あたしの内部に、張りつめた新鮮さが流れ込む。

目に見える何もかもがまぶしく光る朝、

色とりどりの花の種みたいな空の星たち。



寒さで丸めていた背中をちょっと伸ばして、

大股に、ちょっと早足で歩き出そうよ。

歩くうちに、きっと身体はポカポカしてくるから。



心配しないで。

今からでも遅くないよ。

遅いなんて有り得ないはず。

さあ、出かけよう――。

 


 12月 9日− 


[真冬のぬくもり(3)]

(前回)

 暖かな吐息は霧か煙のように漂い、北風に溶けて消えた。
 サミス村の冬はありとあらゆるものが収縮し、特徴的な色や形を失って区別が無くなる。酒場や宿の仕事で忙しかった、華やかな賑わいの夏には気づかなかったもの――この季節、全てが単純化されることで、彼女には少しずつ見え始めていた。
 例えば家の軒先から根を伸ばした氷柱が地面まで届くほど冷え切った朝、低い角度でまぶしく降り注ぐ空の光の宝石たちはきらきらと輝き、果てしなく優しい。分け隔てなく与えられる明るさと熱を浴びれば、太陽の偉大さを改めて思う。しなやかに両脚を動かして誰もいない雪原を駈ける野ウサギには張りつめた生命の躍動を感じ、ただひたすら降り積もるかに見える新雪を黒い手袋で掬い取れば、一つ一つに違った美しい彫刻が施されているのが分かる。寝る前は空気よりも遙かに冷たく感じる布団が、朝起きる頃には出るのが億劫になるほど温まっている――それを作り出すのは自分自身の体温、命の炎の暖房だ。

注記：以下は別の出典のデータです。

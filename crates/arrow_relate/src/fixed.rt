//! Relations that are known when the program is compiled, so that a loop over rows has no test of which one it is.

ghost use Rattle.std.specs.Prelude.{◌≡◌, ◌<◌, ◌==◌, ℕ, Bool, true, if◌then◌else◌, refl};
ghost use Rattle.std.specs.Int.{bit_at};
ghost use Rattle.arrow_types.specs.Logic.{finished_eq, finished_neq};
ghost use Rattle.arrow_types.specs.Relation.{Relation as RowRelation, bool_order, related, holds};
ghost use Rattle.arrow_types.specs.Relation as relation;
ghost use Rattle.arrow_types.specs.Slot.{Slot, Boolean, Null};
ghost use Rattle.arrow_relate.specs.Same.{differs, is_same};

use arrow_memory::bitmap::Logic;
use arrow_types::types::{NativeOrd, NativeType};
use std::cmp::Ordering;

/// One of the six relations, by the order of two values; and by the words of two bitmaps, where false comes before true.
pub(crate) trait FixedRelation: Logic {
    // the relation as clauses see it
    ghost op: { RowRelation };

    /// Whether it holds of two values that compare so.
    fn holds(order: Ordering) -> bool
        ensures { result ≡ holds op order };

    // whether it holds of two truth values
    ghost of_bits: { (x y : Bool) → Boolean (Self.bits x y) ≡ related op (Boolean x) (Boolean y) };
}

/// Equality, or that there is none, where nulls are looked at too.
pub(crate) trait Sameness: FixedRelation {
    // what it answers of two rows, null or not
    ghost tells: { Slot → Slot → Slot };

    // what it makes of its answer to what is stored, and of whether each of the rows is valid
    ghost finishes: { Slot → Bool → Bool → Slot };

    /// Its answers to the rows of a word, from those to what is stored and from which rows of each side are valid.
    fn finished_word(stored: u64, left: u64, right: u64) -> u64
        ensures { (k : ℕ) → k < 64
            → Boolean (bit_at result k == 1)
            ≡ finishes (Boolean (bit_at stored k == 1)) (bit_at left k == 1) (bit_at right k == 1) };

    /// Shows what it tells of two rows, by its answer to what is stored and by which of them are valid.
    fn shows_rows()
        ensures { (p q : Bool) (s r : Slot) (b : Bool) → related Self.op s r ≡ Boolean b
            → finishes (Boolean b) p q ≡ tells (if p then s else Null) (if q then r else Null) };

    // an answer stays where both rows are valid
    ghost finishes_valid: { (b : Bool) → finishes (Boolean b) true true ≡ Boolean b };

    // a null of such answers stays
    ghost finishes_null: { (p q : Bool) → finishes Null p q ≡ Null };
}

/// A relation of values of a native type.
pub(crate) trait Test<T: NativeType>: FixedRelation {
    /// Whether it holds of two values.
    fn of(left: T, right: T) -> bool
        ensures { Boolean result ≡ related Self.op (T.slot left) (T.slot right) };
}

/// Both are equal.
pub(crate) struct Equal;

/// They are not.
pub(crate) struct NotEqual;

/// The left one comes before the right one.
pub(crate) struct Less;

/// The left one does not come after the right one.
pub(crate) struct LessOrEqual;

/// The left one comes after the right one.
pub(crate) struct Greater;

/// The left one does not come before the right one.
pub(crate) struct GreaterOrEqual;

impl Logic for Equal {
    ghost bits = { λ x y. holds relation.eq (bool_order x y) };

    fn of_words(left: u64, right: u64) -> u64 {
        !(left ^ right)
    }
}

impl FixedRelation for Equal {
    ghost op = { relation.eq };

    fn holds(order: Ordering) -> bool {
        order == Ordering::Equal
    }

    ghost of_bits = { λ x y. refl };
}

impl Logic for NotEqual {
    ghost bits = { λ x y. holds relation.neq (bool_order x y) };

    fn of_words(left: u64, right: u64) -> u64 {
        left ^ right
    }
}

impl FixedRelation for NotEqual {
    ghost op = { relation.neq };

    fn holds(order: Ordering) -> bool {
        order != Ordering::Equal
    }

    ghost of_bits = { λ x y. refl };
}

impl Logic for Less {
    ghost bits = { λ x y. holds relation.lt (bool_order x y) };

    fn of_words(left: u64, right: u64) -> u64 {
        !left & right
    }
}

impl FixedRelation for Less {
    ghost op = { relation.lt };

    fn holds(order: Ordering) -> bool {
        order == Ordering::Less
    }

    ghost of_bits = { λ x y. refl };
}

impl Logic for LessOrEqual {
    ghost bits = { λ x y. holds relation.lt_eq (bool_order x y) };

    fn of_words(left: u64, right: u64) -> u64 {
        !left | right
    }
}

impl FixedRelation for LessOrEqual {
    ghost op = { relation.lt_eq };

    fn holds(order: Ordering) -> bool {
        order != Ordering::Greater
    }

    ghost of_bits = { λ x y. refl };
}

impl Logic for Greater {
    ghost bits = { λ x y. holds relation.gt (bool_order x y) };

    fn of_words(left: u64, right: u64) -> u64 {
        left & !right
    }
}

impl FixedRelation for Greater {
    ghost op = { relation.gt };

    fn holds(order: Ordering) -> bool {
        order == Ordering::Greater
    }

    ghost of_bits = { λ x y. refl };
}

impl Logic for GreaterOrEqual {
    ghost bits = { λ x y. holds relation.gt_eq (bool_order x y) };

    fn of_words(left: u64, right: u64) -> u64 {
        left | !right
    }
}

impl FixedRelation for GreaterOrEqual {
    ghost op = { relation.gt_eq };

    fn holds(order: Ordering) -> bool {
        order != Ordering::Less
    }

    ghost of_bits = { λ x y. refl };
}

impl Sameness for Equal {
    ghost tells = { is_same };

    ghost finishes = { finished_eq };

    fn finished_word(stored: u64, left: u64, right: u64) -> u64 {
        stored & left & right | !(left | right)
    }

    fn shows_rows() {}

    ghost finishes_valid = { λ b. refl };

    ghost finishes_null = { λ p q. refl };
}

impl Sameness for NotEqual {
    ghost tells = { differs };

    ghost finishes = { finished_neq };

    fn finished_word(stored: u64, left: u64, right: u64) -> u64 {
        stored & left & right | left ^ right
    }

    fn shows_rows() {}

    ghost finishes_valid = { λ b. refl };

    ghost finishes_null = { λ p q. refl };
}

impl<T: NativeType> Test<T> for Equal {
    fn of(left: T, right: T) -> bool {
        left == right
    }
}

impl<T: NativeType> Test<T> for NotEqual {
    fn of(left: T, right: T) -> bool {
        left != right
    }
}

impl<T: NativeOrd> Test<T> for Less {
    fn of(left: T, right: T) -> bool {
        left < right
    }
}

impl<T: NativeOrd> Test<T> for LessOrEqual {
    fn of(left: T, right: T) -> bool {
        left <= right
    }
}

impl<T: NativeOrd> Test<T> for Greater {
    fn of(left: T, right: T) -> bool {
        left > right
    }
}

impl<T: NativeOrd> Test<T> for GreaterOrEqual {
    fn of(left: T, right: T) -> bool {
        left >= right
    }
}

 日々の些細な変化を、頭で考える前に身体で直に感じ取ることが出来る。そのような直観的理解において、ファルナは妹のシルキアよりも全般に秀でている。天真爛漫で素朴で、意外と負けず嫌いな性格とともに、彼女を特徴づける一つの才能だ。
 きっと妹であれば、おそらくこんな台詞で総括したことだろう。
(寒ければ寒いほど、ぬくもりのありがたみが分かるよね!)

 雪がやみ、速い速度で雲は去り、晴れ間が覗いてきた。久しぶりの彩り――青空を見れば、おつかいの疲れも吹き飛ぶ。
 なじみの急角度の赤い屋根は降り積もった天使の贈り物で白く染まり、煙突からは暖炉の煙が上がっていた。懐かしい我が家、そして〈すずらん亭〉独自の美味しい昼食はもうすぐだ。
「お姉ちゃーん」
 やはり厚いコートとフードに身を固め、入口で待っている妹が手を振りながら姉を呼ぶ。ファルナは笑顔で手を振り返した。
「シルキアー、ただいまー。お昼は何なのだっ?」
 気持ちが和らぐと空腹を覚える。妹はすぐに答えを返した。
「お姉ちゃんの大好きなシチューだよ。早く!」
「わぁー!」
 満面の笑みになり、ファルナは思わず走り出した。慌てて転ばなければ、真冬のぬくもりに、もうすぐ手が届くだろう――。

(おわり)
 


 12月 8日− 


[真冬のぬくもり(2)]

(前回)

 それは十二月でもとびきり寒い日の午後だった。わざと外に出して置いた桶の雪解け水は凍り付き、朝から溶けていない。
 セラーヌ河の最上流に近いサミス村は山奥の小さな集落だ。森の果て、高原の谷間にある風光明媚なところで、豊かな山や河の恵みを存分に享受してきた。景色の美しさと食事の美味しさ――何より人々が醸し出す穏やかな雰囲気にすっかり入れ込んでしまう者も多く、夏場は近隣から避暑の貴族が集まり、それを目当ての行商人も多くやってきて賑やかな時を迎える。
 ざわめきは早い秋の訪れとともに過ぎ去り、収穫を祈る祭りが終われば、サミス村は長く厳しい季節を迎える。木々は葉を落とし、多くの動物は冬眠するが、村人は生業を営み続ける。
 人の行き来はほとんど途絶え、獣の遠吠えも格段に減る。雪が降れば鳥たちも姿を見せない。雪の上の移動は大変だが、平たくて底が丸い大きな靴を履いたり、そりを利用したりする。その代わり、重労働だった井戸の水くみの必要はなくなる――降り積もった雪が、あらゆる場所を井戸に代えてくれるのだ。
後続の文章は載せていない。